Please copy out the entries below exactly, beginning with the line that contains "use gr_model::memory::Memory;" and ending with the line that contains "Asks for an", and include nothing outside that span.

Dataset entries
_ _ _ _ _
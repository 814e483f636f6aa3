//! Writers that fail.

use std::alloc::Global;
use std::io::{self, ErrorKind, Write};

/// How a writer fails.
#[derive(Clone, Copy, Debug, PartialEq, Eq)]
pub enum Failure {
    /// A write is an error.
    Error,
    /// A write takes no byte.
    TakesNothing,
    /// All is taken, and the flush is an error.
    Flush,
}

/// Takes so many bytes more, at most three at a call, and then fails. It counts flushes.
#[derive(Drop)]
pub struct FailingWriter {
    /// What it took.
    pub taken: Vec<u8>,
    room: usize,
    failure: Failure,
    is_flushed: bool,
    flushes: u8,
}

impl FailingWriter {
    /// A writer with room for so many bytes.
    pub fn new(alloc: Global, room: usize, failure: Failure) -> FailingWriter {
        FailingWriter {
            taken: Vec::new(alloc),
            room,
            failure,
            is_flushed: false,
            flushes: 0,
        }
    }

    /// Whether it took this text and was then flushed, once.
    fn has_whole(&self, text: &[u8]) -> bool {
        self.taken.as_slice() == text && self.is_flushed && self.flushes == 1
    }

    /// Whether it took as much of a text as it had room for, and the result is a failure exactly where it failed.
    fn has_front(&self, is_told: bool, text: &[u8], room: usize) -> bool {
        if room < text.len() {
            is_told && self.taken.len() == room && text.starts_with(&self.taken)
        } else {
            is_told == (self.failure == Failure::Flush) && self.has_whole(text)
        }
    }
}

impl Write for FailingWriter {
    fn write(&mut self, buf: &[u8]) -> io::Result<usize> {
        let count = buf.len().min(self.room).min(3);
        if count == 0 && self.failure == Failure::Error {
            return Err(io::Error::from(ErrorKind::StorageFull));
        }
        self.taken.extend_from_slice(&buf[..count])?;
        self.room = self.room.saturating_sub(count);
        self.is_flushed = false;
        Ok(count)
    }

    fn flush(&mut self) -> io::Result<()> {
        self.is_flushed = true;
        self.flushes = self.flushes.saturating_add(1);
        match self.failure {
            Failure::Flush => Err(io::Error::from(ErrorKind::StorageFull)),
            Failure::Error | Failure::TakesNothing => Ok(()),
        }
    }
}

/// Writes a text to writers that fail in each way, with room for each prefix of it. `write` returns whether a failure was
/// returned to it. The error is the first way and room where no failure was returned, or another prefix was written.
pub fn fail_each<F: Fn(&mut FailingWriter) -> bool>(
    alloc: Global,
    text: &[u8],
    write: F,
) -> Result<(), (Failure, usize)>
    requires { F.IsAlwaysCallable write }
{
    for failure in [Failure::Error, Failure::TakesNothing, Failure::Flush] {
        for room in 0..text.len().saturating_add(2) {
            let mut writer = FailingWriter::new(alloc, room, failure);
            let is_told = write(&mut writer);
            if !writer.has_front(is_told, text, room) {
                return Err((failure, room));
            }
        }
    }
    Ok(())
}
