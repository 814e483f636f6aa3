//! What is answered where a growth is refused, for each growth in turn.

use crate::Refusing;
use gr_model::memory::Memory;
use std::alloc::Global;

/// More growths than any test has.
const MOST: u64 = 10_000;

/// What became of the growths of a test, each refused in turn.
#[derive(Clone, Copy, Debug, PartialEq, Eq)]
pub struct Growths {
    /// How many there are.
    pub refused: u64,
    /// How many of them made the answer "out of memory".
    pub told: u64,
}

/// Asks for an answer with each growth refused in turn, until none is refused. An answer says whether it is as wanted. "Out of memory" is
/// right as well where a growth was refused. The error is the number of the first growth with a wrong answer, or how many growths there
/// are, where these are less than `least`: then too little was tried.
pub fn refuse_each<'a, F: Fn(&'a Refusing<Global>) -> Result<bool, Memory>>(
    alloc: Global,
    least: u64,
    answer: F,
) -> Result<Growths, u64>
    requires { F.IsAlwaysCallable answer }
{
    let mut told = 0_u64;
    for at in 0..MOST {
        let heap = Box::new(alloc, Refusing::new(alloc, at)).map_err(|_| at)?;
        let heap: &'a Refusing<Global> = Box::leak(heap);
        match answer(heap) {
            Ok(true) => {}
            Err(Memory) if heap.refused() => told = told.saturating_add(1),
            _ => return Err(at),
        }
        if !heap.refused() {
            return if at < least {
                Err(at)
            } else {
                Ok(Growths { refused: at, told })
            };
        }
    }
    Err(MOST)
}

/// The answer of a call, tried twice: a try without memory must change nothing of the state, and then the second try counts.
pub fn tried<V, S: PartialEq + Drop, T, G: Fn(&V) -> S, F: Fn(&mut V) -> Result<T, Memory>>(
    subject: &mut V,
    state: G,
    call: F,
) -> Option<T>
    requires state { G.IsAlwaysCallable state }
    requires call { F.IsAlwaysCallable call }
{
    let before = state(subject);
    match call(subject) {
        Ok(answer) => Some(answer),
        Err(Memory) if state(subject) == before => call(subject).ok(),
        Err(Memory) => None,
    }
}
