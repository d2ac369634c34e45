// The session and its calls.
ghost use Rattle.clausal.specs.Adding.{Fresh};
ghost use Rattle.law.specs.Calls.{add, question, forget, forgotten};
ghost use Rattle.law.specs.Runs.{add_reply, CallLaw};
ghost use Rattle.modal.specs.Rules.{rows_of};
ghost use Rattle.session.specs.Effects.{AddEffect, QuestionEffect, ForgetEffect, WritesRule};
ghost use Rattle.session.specs.View.{view};
ghost use Rattle.session.specs.Replies.{numbers_of, question_reply};

use crate::asking::{assume, kept_in};
use crate::defining::{define_rule, start};
use crate::faults::{QuestionFault, RuleFault};
use crate::verdict::Verdict;
use clausal::faults::AddFault;
use engine::outcome::Outcome;
use engine::question::ask;
use modal::rule::Rule;
use naming::table::Table;
use oracle::Oracle;
use sheet::row::SheetRow;

/// Rules that are accepted, over an oracle.
#[derive(Drop)]
pub struct Session<O> {
    oracle: O,
    table: Table,
}

impl<O: Oracle> Session<O> {
    /// A session without rules, whatever the oracle held.
    pub fn new(mut oracle: O) -> Session<O>
        ensures { Fresh (view O.Oracle.entries result) }
    {
        oracle.clear();
        start(&mut oracle);
        Session {
            oracle,
            table: Table::new(),
        }
    }

    /// Takes in exactly the clausal form of the rule, which is used up, and answers its number.
    pub fn add(&mut self, rule: Rule) -> Result<u8, AddFault>
        ensures law { CallLaw (view O.Oracle.entries self.old) (add (rows_of rule)) (add_reply result) (view O.Oracle.entries self.new) }
        ensures effect { AddEffect O.Oracle.entries self.old self.new (rows_of rule) result }
    {
        let added = self.table.add(rule)?;
        define_rule(&mut self.oracle, &added.definitions);
        Ok(added.number)
    }

    /// Whether the rules asked hold together: rule k is asked by bit k. A tree that fits is shown on the sheet.
    pub fn question(&mut self, rules: u16, sheet: &mut [SheetRow]) -> Result<Verdict, QuestionFault>
        ensures law { CallLaw (view O.Oracle.entries self.old) (question (numbers_of rules)) (question_reply result) (view O.Oracle.entries self.new) }
        ensures effect { QuestionEffect O.Oracle.entries self.old self.new (numbers_of rules) sheet.old sheet.new result }
    {
        let under = assume(&self.table, rules)?;
        match ask(&mut self.oracle, &self.table, under, sheet) {
            Outcome::Open(count) => Ok(Verdict::Open(count)),
            Outcome::Closed(core) => Ok(Verdict::Closed(kept_in(&self.table, rules, core))),
            Outcome::Full(level) => Err(QuestionFault::LevelFull(level)),
        }
    }

    /// Drops all that was learnt.
    pub fn forget(&mut self)
        ensures law { CallLaw (view O.Oracle.entries self.old) forget forgotten (view O.Oracle.entries self.new) }
        ensures effect { ForgetEffect O.Oracle.entries self.old self.new }
    {
        self.oracle.forget();
    }

    /// Puts the bytes of the rule with the number at the start of the buffer, and answers how many they are.
    pub fn write(&self, rule: u8, out: &mut [u8]) -> Result<usize, RuleFault>
        ensures { WritesRule (view O.Oracle.entries self.now) rule out.old out.new result }
    {
        let rows = self.table.rows(rule).ok_or(RuleFault::UnknownRule(rule))?;
        let rule = Rule::try_from(rows).unwrap();
        Ok(rule.write(out)?)
    }
}
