// Why a question is refused, and why a rule that a session holds is not written.
ghost use Rattle.std.specs.Prelude.{Some};
ghost use Rattle.session.specs.Faults.{question_refusal, rule_refusal};
ghost use Rattle.session.specs.Words.{question_words, rule_words};

use atoms::levels::Level;
use modal::faults::{Fault, WriteFault};
use std::error::Error;
use std::fmt;

/// Why a question has no verdict.
#[derive(Clone, Copy, PartialEq, Eq, Debug)]
pub enum QuestionFault {
    /// The lowest number asked that no rule has.
    UnknownRule(u8),
    /// A learnt entry was needed beyond 128 at the level.
    LevelFull(Level),
}

impl fmt::Display for QuestionFault {
    ghost output = { λ fault. Some (question_words fault) };

    fn fmt<W: fmt::Write>(&self, f: &mut fmt::Formatter<W>) -> fmt::Result {
        match *self {
            QuestionFault::UnknownRule(number) => write!(f, "no rule has the number {number}"),
            QuestionFault::LevelFull(level) => {
                let level = level.number();
                write!(
                    f,
                    "more than 128 learnt entries are needed at level {level}"
                )
            }
        }
    }
}

impl Error for QuestionFault {}

impl Fault for QuestionFault {
    ghost refusal = { question_refusal };

    fn number(self) -> u8 {
        match self {
            QuestionFault::UnknownRule(_) => 8,
            QuestionFault::LevelFull(_) => 22,
        }
    }

    fn detail(self) -> u64 {
        match self {
            QuestionFault::UnknownRule(number) => u64::from(number),
            QuestionFault::LevelFull(level) => u64::from(level.number()),
        }
    }
}

/// Why a rule of a session is not written to a buffer.
#[derive(Clone, Copy, PartialEq, Eq, Debug)]
pub enum RuleFault {
    /// No rule has this number.
    UnknownRule(u8),
    /// The rule is held, and its bytes do not fit.
    NotWritten(WriteFault),
}

impl From<WriteFault> for RuleFault {
    ghost use Rattle.std.specs.Prelude.{◌≡◌};
    ghost use Rattle.session.specs.declared.faults.RuleFault.TheVariants.{NotWritten};

    ghost from_gives = { λ fault made. made ≡ NotWritten fault };

    fn from(fault: WriteFault) -> RuleFault {
        RuleFault::NotWritten(fault)
    }
}

impl fmt::Display for RuleFault {
    ghost output = { λ fault. Some (rule_words fault) };

    fn fmt<W: fmt::Write>(&self, f: &mut fmt::Formatter<W>) -> fmt::Result {
        match *self {
            RuleFault::UnknownRule(number) => write!(f, "no rule has the number {number}"),
            RuleFault::NotWritten(fault) => write!(f, "{fault}"),
        }
    }
}

impl Error for RuleFault {}

impl Fault for RuleFault {
    ghost refusal = { rule_refusal };

    fn number(self) -> u8 {
        match self {
            RuleFault::UnknownRule(_) => 8,
            RuleFault::NotWritten(fault) => fault.number(),
        }
    }

    fn detail(self) -> u64 {
        match self {
            RuleFault::UnknownRule(number) => u64::from(number),
            RuleFault::NotWritten(fault) => fault.detail(),
        }
    }
}
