// What a question assumes, and the rules of a core.
ghost use Rattle.std.specs.Prelude.{◌≡◌, ◌<◌, true, MatchResult};
ghost use Rattle.atoms.specs.Bits.{bit};
ghost use Rattle.atoms.specs.Sets.{has};
ghost use Rattle.session.specs.Assumed.{handle_in, AskedHeld, Assumes, NamesUnknown, KeepsIn};

use crate::faults::QuestionFault;
use atoms::assumptions::Assumptions;
use atoms::clauses::Literal;
use naming::table::{RULES, Table};

fn is_asked(rules: u16, number: u8) -> bool
    requires { number < 16 }
    ensures { result ≡ bit rules number }
{
    rules >> number & 1 == 1
}

// The handles of the rules asked, all in.
pub(crate) fn assume(table: &Table, rules: u16) -> Result<Assumptions, QuestionFault>
    ensures { MatchResult result (λ under. Assumes table.now rules 16 under) (λ fault. NamesUnknown table.now rules fault) }
{
    let mut under = Assumptions::NONE;
    for number in 0..RULES as u8 {
        if is_asked(rules, number) {
            let handle = table
                .handle(number)
                .ok_or(QuestionFault::UnknownRule(number))?;
            under = under.with(Literal::positive(handle));
        }
    }
    Ok(under)
}

// Whether the question asks the rule with the number, and its handle is in the core.
fn keeps(table: &Table, rules: u16, core: Assumptions, number: u8) -> bool
    requires { number < 16 }
    ensures asked { result ≡ true → bit rules number ≡ true }
    ensures held { AskedHeld table.now rules number → result ≡ has core.within (handle_in table.now number) }
{
    let Some(handle) = table.handle(number) else {
        return false;
    };
    is_asked(rules, number) && core.within.member(handle)
}

// The rules asked whose handles are in the core.
pub(crate) fn kept_in(table: &Table, rules: u16, core: Assumptions) -> u16
    ensures { KeepsIn table.now rules core 16 result }
{
    let mut kept = 0;
    for number in 0..RULES as u8 {
        if keeps(table, rules, core, number) {
            kept |= 1 << number;
        }
    }
    kept
}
_ _ _ _ _
Result of this task →
use gr_model::memory::Memory;
use std::alloc::Global;

/// More growths than any test has.
const MOST: u64 = 10_000;

/// What became of the growths of a test, each refused in turn.
#[derive(Clone, Copy, Debug, PartialEq, Eq)]
pub struct Growths {
    /// How many there are.
    pub refused: u64,
    /// How many of them made the answer "out of memory".
    pub told: u64,
}

/// Asks for an answer with each growth refused in turn, until none is refused. An answer says whether it is as wanted. "Out of memory" is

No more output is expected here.